In the sixth chapter of Book II., Mr. Malthus gives us some account of the checks to population which existed in France at the end of last century, which might convince the most sceptical of modern pessimists of the vast strides which a nation may take in a short period towards the attainment of comfort and well-being.
The population of France, before the beginning of the war, says Malthus, was estimated by the Constituent Assembly at 26¼ millions. Necker estimated the yearly births, in 1780, to be above a million, and it is curious, as we shall soon see, that France, in 1874, had not a million of births with a population of 36 millions. Malthus estimated that, out of that million, 600,000 would attain the age of 18; and, considering that nearly as many persons are to be found in a given society, unmarried as married, he amply accounts for the seeming paradox that, whilst France was supposed to have lost 2½ millions by actual war and its consequences, at the time of the Revolution, the population was found to have increased, in 1800, as compared with 1790.
“At all times,” says Malthus, “the number of small farmers and proprietors in France was great: and though such a state of things is by no means favourable to the clear surplus produce or disposable wealth of a nation, yet sometimes it is not unfavourable to the absolute produce, and it has always a tendency to encourage population.” This last remark of Mr. Malthus has not been verified. In no country does the population tend to increase so slowly as in modern France—the land par excellence of peasant proprietors.

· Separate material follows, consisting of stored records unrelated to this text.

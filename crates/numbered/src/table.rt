// Tables by number.
ghost use Rattle.std.specs.Prelude.{◌≡◌, ◌≤◌, [], None, length, drop, IsTrue, IfOk, IfErr, OnOk, OnErr, option_copied, option_map};
ghost use Rattle.round_model.specs.Numbered.{rises, find, put, without, from, first, last};
ghost use Rattle.numbered.specs.Places.{IsAt, IsGapFor};

use aeg_base::Memory;
use std::alloc::Global;
use std::marker::Model;

/// A table from numbers to values: a list in order of the numbers. Each call searches it in as many steps as a logarithm
/// of its length; a number that goes in or out moves the entries above it, so one that is above all others moves none.
#[derive(Debug, Drop)]
pub struct Numbered<V> {
    rows: Vec<(u32, V)>,
}

impl<V> Model for Numbered<V> {
    ghost use Rattle.std.specs.Prelude.{List, ℕ, IsTrue};
    ghost use Rattle.std.specs.Coded.{coded_list, coded×, coded_ℕ};
    ghost use Rattle.round_model.specs.Numbered.{rises};

    ghost Value = { List (ℕ × V) };

    ghost coded = { coded_list (coded× coded_ℕ V.code) };

    ghost view = { λ t. t.rows.items };

    ghost invariant = { λ t. IsTrue (rises 0 t.rows.items) };
}

/// Where the number is, or where it would go.
fn place_of<V>(rows: &[(u32, V)], no: u32) -> Result<usize, usize>
    requires { IsTrue (rises 0 rows.now) }
    ensures found { IfOk result (IsAt rows.now no) }
    ensures absent { IfErr result (IsGapFor rows.now no) }
{
    rows.binary_search_by_key(&no, |row| row.0)
}

/// How many entries have a number below this one.
fn count_below<V>(rows: &[(u32, V)], no: u32) -> usize
    requires { IsTrue (rises 0 rows.now) }
    ensures most { result ≤ length rows.now }
    ensures rest { drop result rows.now ≡ from rows.now no }
{
    match place_of(rows, no) {
        Ok(at) => at,
        Err(at) => at,
    }
}

/// Drops the first entries, so many.
fn drop_front<V: Drop>(rows: &mut Vec<(u32, V)>, count: usize)
    requires within { count ≤ length rows.old.items }
    ensures rest { rows.new.items ≡ drop count rows.old.items }
{
    rows.drain(..count);
}

impl<V> Numbered<V> {
    /// An empty table.
    pub fn new(alloc: Global) -> Self
        ensures empty { result ≡ [] }
    {
        Numbered {
            rows: Vec::new(alloc),
        }
    }

    /// What it has for the number.
    pub fn find(&self, no: u32) -> Option<&V>
        ensures value { option_copied result ≡ find self.now no }
        ensures sorted { IsTrue (rises 0 self.now) }
    {
        match place_of(&self.rows, no) {
            Ok(at) => Some(&self.rows[at].1),
            Err(_) => None,
        }
    }

    /// The entry with the least number.
    pub fn first(&self) -> Option<(u32, &V)>
        ensures least { option_map (λ row. (row.0, row.1.now)) result ≡ first self.now }
    {
        let row = self.rows.first()?;
        Some((row.0, &row.1))
    }

    /// The entries with the highest numbers, so many, ascending.
    pub fn last(&self, count: usize) -> &[(u32, V)]
        ensures highest { result.now ≡ last count self.now }
    {
        &self.rows[self.rows.len().saturating_sub(count)..]
    }
}

impl<V: Drop> Numbered<V> {
    /// The number has this value from now on. Memory is taken only for a number that had none.
    pub fn put(&mut self, no: u32, value: V) -> Result<(), Memory>
        ensures ok { OnOk result (self.new ≡ put self.old no value) }
        ensures err { OnErr result (self.new ≡ self.old) }
        ensures new { OnErr result (find self.old no ≡ None) }
        ensures sorted { IsTrue (rises 0 self.old) }
    {
        match place_of(&self.rows, no) {
            Ok(at) => {
                self.rows[at] = (no, value);
                Ok(())
            }
            Err(at) => {
                self.rows.insert(at, (no, value))?;
                Ok(())
            }
        }
    }

    /// Gives out the value of the number, which has none from now on.
    pub fn remove(&mut self, no: u32) -> Option<V>
        ensures value { result ≡ find self.old no }
        ensures without { self.new ≡ without self.old no }
        ensures sorted { IsTrue (rises 0 self.old) }
    {
        match place_of(&self.rows, no) {
            Ok(at) => Some(self.rows.remove(at).1),
            Err(_) => None,
        }
    }

    /// The number has none from now on.
    pub fn take_out(&mut self, no: u32)
        ensures without { self.new ≡ without self.old no }
        ensures sorted { IsTrue (rises 0 self.old) }
    {
        let _value = self.remove(no);
    }

    /// Drops all numbers below this one.
    pub fn drop_below(&mut self, no: u32)
        ensures from { self.new ≡ from self.old no }
        ensures sorted { IsTrue (rises 0 self.old) }
    {
        let count = count_below(&self.rows, no);
        drop_front(&mut self.rows, count);
    }
}
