//! How an edge is settled with all that follows.
ghost use Rattle.std.specs.Prelude.{◌≡◌, ◌<◌, All, length, OnOk, IfOk};
ghost use Rattle.relationships.specs.Selection.{IsServable};
ghost use Rattle.relationships.specs.Graph.{edges};
ghost use Rattle.tor_clauses.specs.Literals.{most_edges};
ghost use Rattle.tor_clauses.specs.Formulas.{demands_of};
ghost use Rattle.tor_digraph.specs.Reached.{IsGrown};
ghost use Rattle.tor_digraph.specs.Spreading.{IsClosed};
ghost use Rattle.tor_digraph.specs.Trails.{IsTrail};
ghost use Rattle.tor_orient.specs.Steps.{node_wanted, NoneLeadsOut, HasOpposites, IsOver, IsSettledBy, AreSettled};

use crate::failing::{Search, failing_behind};
use gao_prefs::Pref;
use std::alloc::Global;
use tor_arena::{ArcId, Index, NoMemory, NodeId};
use tor_clauses::{Fitted, Lit, negation_node};
use tor_digraph::{NodeSet, RowDigraph, Trail, spread};

/// Settles all literals that a search from this one has tried, from which no arc leads but to one of them or to what is settled.
fn settle_tried(
    rows: &RowDigraph<'_, NodeId, ArcId>,
    start: NodeId,
    tried: &Trail,
    settled: &mut NodeSet,
) -> Result<(), NoMemory>
    requires count { tried.now.nodes.count ≡ settled.old.count }
    requires trail { IsTrail rows.now.arcs start tried.now }
    requires near { IsClosed rows.now.arcs settled.old.items tried.now.nodes.items }
    requires closed { NoneLeadsOut rows.now.arcs settled.old.items }
    ensures count { settled.new.count ≡ settled.old.count }
    ensures closed { OnOk result (NoneLeadsOut rows.now.arcs settled.new.items) }
    ensures grown { OnOk result (IsGrown rows.now.arcs start settled.old.items settled.new.items) }
{
    let _ = rows;
    let _ = start;
    for place in 0..tried.nodes.len() {
        settled.add(tried.nodes.get(place))?;
    }
    Ok(())
}

/// Settles an edge, with all that follows: by the literal that is wanted, or where this fails by the opposite of the last literal on its
/// way that fails too. From that opposite its own follows, and so does the opposite of each literal that leads to this way, so none of
/// them is tried again. What is settled stays so, and nothing is done where the edge was settled before. What follows from that opposite is
/// added with no node behind, past which it would not go; what follows from the literal that is wanted was tried.
fn settle(
    rows: &RowDigraph<'_, NodeId, ArcId>,
    pref: &Pref,
    search: &mut Search,
    settled: &mut NodeSet,
) -> Result<(), NoMemory>
    requires few { pref.now.edge < most_edges }
    requires there { node_wanted pref.now < rows.now.nodes }
    requires both { HasOpposites rows.now.nodes }
    requires search { IsOver rows.now.nodes search.old }
    requires count { settled.old.count ≡ rows.now.nodes }
    requires closed { NoneLeadsOut rows.now.arcs settled.old.items }
    ensures search { IsOver rows.now.nodes search.new }
    ensures count { settled.new.count ≡ rows.now.nodes }
    ensures closed { OnOk result (NoneLeadsOut rows.now.arcs settled.new.items) }
    ensures settled { OnOk result (IsSettledBy rows.now.arcs (node_wanted pref.now) settled.old.items settled.new.items) }
{
    let node = Lit::new(pref.edge, pref.wanted).node();
    if settled.has(node) {
        return Ok(());
    }
    if settled.has(negation_node(node)) {
        return Ok(());
    }
    // from a literal that no arc leaves, nothing follows
    if rows.row(node).is_empty() {
        settled.add(node)?;
        return Ok(());
    }
    let failing = failing_behind(rows, node, settled, search)?;
    search.behind.clear();
    match failing {
        Some(last) => {
            let other = negation_node(last);
            spread(rows, other, &search.behind, settled)
        }
        None => settle_tried(rows, node, &search.tried, settled),
    }
}

/// Settles the edges of these preferences, the first of them first, where none is settled yet.
fn settle_each(
    fitted: &Fitted<'_>,
    rows: &RowDigraph<'_, NodeId, ArcId>,
    prefs: &[Pref],
    search: &mut Search,
    settled: &mut NodeSet,
) -> Result<(), NoMemory>
    requires servable { IsServable (demands_of fitted.now.graph fitted.now.formula) }
    requires inside { All (λ pref. pref.edge < length (edges fitted.now.graph)) prefs.now }
    requires rows { rows.now ≡ fitted.now.formula.net }
    requires search { IsOver fitted.now.formula.net.nodes search.old }
    requires settled { AreSettled fitted.now.formula prefs.now 0 settled.old }
    ensures { OnOk result (AreSettled fitted.now.formula prefs.now (length prefs.now) settled.new) }
{
    fitted.facts();
    prove!(rows.node_count() <= NodeId::LIMIT);
    for place in 0..prefs.len() {
        settle(rows, &prefs[place], search, settled)?;
    }
    Ok(())
}

/// The same with a search of its own.
fn settle_into(
    alloc: Global,
    fitted: &Fitted<'_>,
    rows: &RowDigraph<'_, NodeId, ArcId>,
    prefs: &[Pref],
    settled: &mut NodeSet,
) -> Result<(), NoMemory>
    requires servable { IsServable (demands_of fitted.now.graph fitted.now.formula) }
    requires inside { All (λ pref. pref.edge < length (edges fitted.now.graph)) prefs.now }
    requires rows { rows.now ≡ fitted.now.formula.net }
    requires settled { AreSettled fitted.now.formula prefs.now 0 settled.old }
    ensures { OnOk result (AreSettled fitted.now.formula prefs.now (length prefs.now) settled.new) }
{
    let mut search = Search::new(alloc, rows.node_count())?;
    settle_each(fitted, rows, prefs, &mut search, settled)
}

/// What is settled when the edges of these preferences are, the first of them first, where the arcs of the clauses stand in rows.
pub(crate) fn settled_by(
    alloc: Global,
    fitted: &Fitted<'_>,
    rows: &RowDigraph<'_, NodeId, ArcId>,
    prefs: &[Pref],
) -> Result<NodeSet, NoMemory>
    requires servable { IsServable (demands_of fitted.now.graph fitted.now.formula) }
    requires inside { All (λ pref. pref.edge < length (edges fitted.now.graph)) prefs.now }
    requires rows { rows.now ≡ fitted.now.formula.net }
    ensures { IfOk result (AreSettled fitted.now.formula prefs.now (length prefs.now)) }
{
    let mut settled = NodeSet::new(alloc, rows.node_count())?;
    settle_into(alloc, fitted, rows, prefs, &mut settled)?;
    Ok(settled)
}
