//! A search for a node that does not go past what is settled.
//!
//! A search for an opposite stops where it comes to it, so the way back begins at the end of its trail.
ghost use Rattle.std.specs.Prelude.{◌≡◌, ◌<◌, ℕ, List, length, Contains, OnOk, IfOk};
ghost use Rattle.tor_digraph.specs.Spreading.{IsEntered};
ghost use Rattle.tor_digraph.specs.Trails.{StandsAt, IsHeadFrom, IsTrail, StaysTrail};
ghost use Rattle.tor_orient.specs.Steps.{LooksTo, ComesTo};

use tor_arena::{ArcId, Index, NoMemory, NodeId};
use tor_digraph::{NodeSet, RowDigraph, Trail};

/// Comes to the head of an arc from the node at a place, unless it is settled.
fn meet(
    head: NodeId,
    place: usize,
    arc: ArcId,
    settled: &NodeSet,
    tried: &mut Trail,
) -> Result<(), NoMemory>
    requires settled { head < settled.now.count }
    requires there { head < tried.old.nodes.count }
    requires place { place < length tried.old.nodes.items }
    ensures count { tried.new.nodes.count ≡ tried.old.nodes.count }
    ensures met { OnOk result (IsEntered settled.now.items head tried.old.nodes.items tried.new.nodes.items) }
    ensures trail { OnOk result ((arcs : List (ℕ × ℕ)) → IsHeadFrom arcs tried.old.nodes.items place arc head →
        StaysTrail arcs tried.old tried.new) }
{
    if !settled.has(head) {
        tried.visit(head, place, arc)?;
    }
    Ok(())
}

/// Looks along the arcs of the node at a place, up to one that leads to `end`. Answers whether there is one.
fn look(
    rows: &RowDigraph<'_, NodeId, ArcId>,
    place: usize,
    end: NodeId,
    settled: &NodeSet,
    tried: &mut Trail,
) -> Result<bool, NoMemory>
    requires there { place < length tried.old.nodes.items }
    requires settled { settled.now.count ≡ rows.now.nodes }
    requires tried { tried.old.nodes.count ≡ rows.now.nodes }
    requires unmet { Contains tried.old.nodes.items end → ⊥ }
    ensures count { tried.new.nodes.count ≡ rows.now.nodes }
    ensures trail { OnOk result (StaysTrail rows.now.arcs tried.old tried.new) }
    ensures looked { IfOk result (λ met. (tail : ℕ) → StandsAt tried.old.nodes.items place tail →
        LooksTo rows.now.arcs settled.now.items end tail tried.old.nodes.items tried.new.nodes.items met) }
{
    prove!(rows.node_count() <= NodeId::LIMIT);
    let tail = tried.nodes.get(place);
    for entry in rows.row(tail) {
        let (arc, head) = *entry;
        if head == end {
            tried.visit(head, place, arc)?;
            return Ok(true);
        }
        meet(head, place, arc, settled, tried)?;
    }
    Ok(false)
}

/// Searches from a node for another one, the nearest first, but not past what is settled. Answers whether it has come there, which ends
/// it. What was tried before is forgotten.
pub(crate) fn find(
    rows: &RowDigraph<'_, NodeId, ArcId>,
    start: NodeId,
    end: NodeId,
    settled: &NodeSet,
    tried: &mut Trail,
) -> Result<bool, NoMemory>
    requires start { start < rows.now.nodes }
    requires apart { start ≡ end → ⊥ }
    requires settled { settled.now.count ≡ rows.now.nodes }
    requires tried { tried.old.nodes.count ≡ rows.now.nodes }
    ensures count { tried.new.nodes.count ≡ rows.now.nodes }
    ensures trail { OnOk result (IsTrail rows.now.arcs start tried.new) }
    ensures comes { IfOk result (ComesTo rows.now.arcs settled.now.items end tried.new.nodes.items) }
{
    tried.begin(start)?;
    let mut next = 0;
    while next < tried.nodes.len() {
        if look(rows, next, end, settled, tried)? {
            return Ok(true);
        }
        next += 1;
    }
    Ok(false)
}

In all probability, the rapid increase of population at the time of the French Revolution arose from the lower death-rate which always follows a sudden amelioration of the position of the humbler classes, such as that which took place where landed property came into their possession.
The average proportion of births to population in all France, before the Revolution was, according to Necker, 39 per 1000. It has singularly altered since that time, and is now only 26 per 1,000, or the lowest birth-rate in Europe. The death-rate then was 33 per 1,000, and has fallen of late to 21 per 1,000, or nearly the lowest death-rate in Europe.
Sir Francis d’Ivernois, in a work entitled Tableau des Pertes, has the following remark: “Those have yet to learn the first principles of political arithmetic, who imagine that it is in the field of battle and the hospitals, that an account can be taken of the lives which a revolution or a war has cost. The number of men it has killed is of much less importance than the number of children which it has prevented, and will still prevent, from coming into the world.” To this Mr. Malthus replies: “And yet if the circumstances on which the foregoing reasonings are founded should turn out to be true, it will appear that France has not lost a single birth by the revolution. She has the most just reason to mourn the two millions and a half of individuals which she may have lost, but not their posterity: because, if those individuals had remained in the country, a proportionate number of children born of other parents, which are now living in France, would not have come into existence. If in the best governed country in Europe we were to mourn the posterity which is prevented from coming into being, we should always wear the habit of grief.”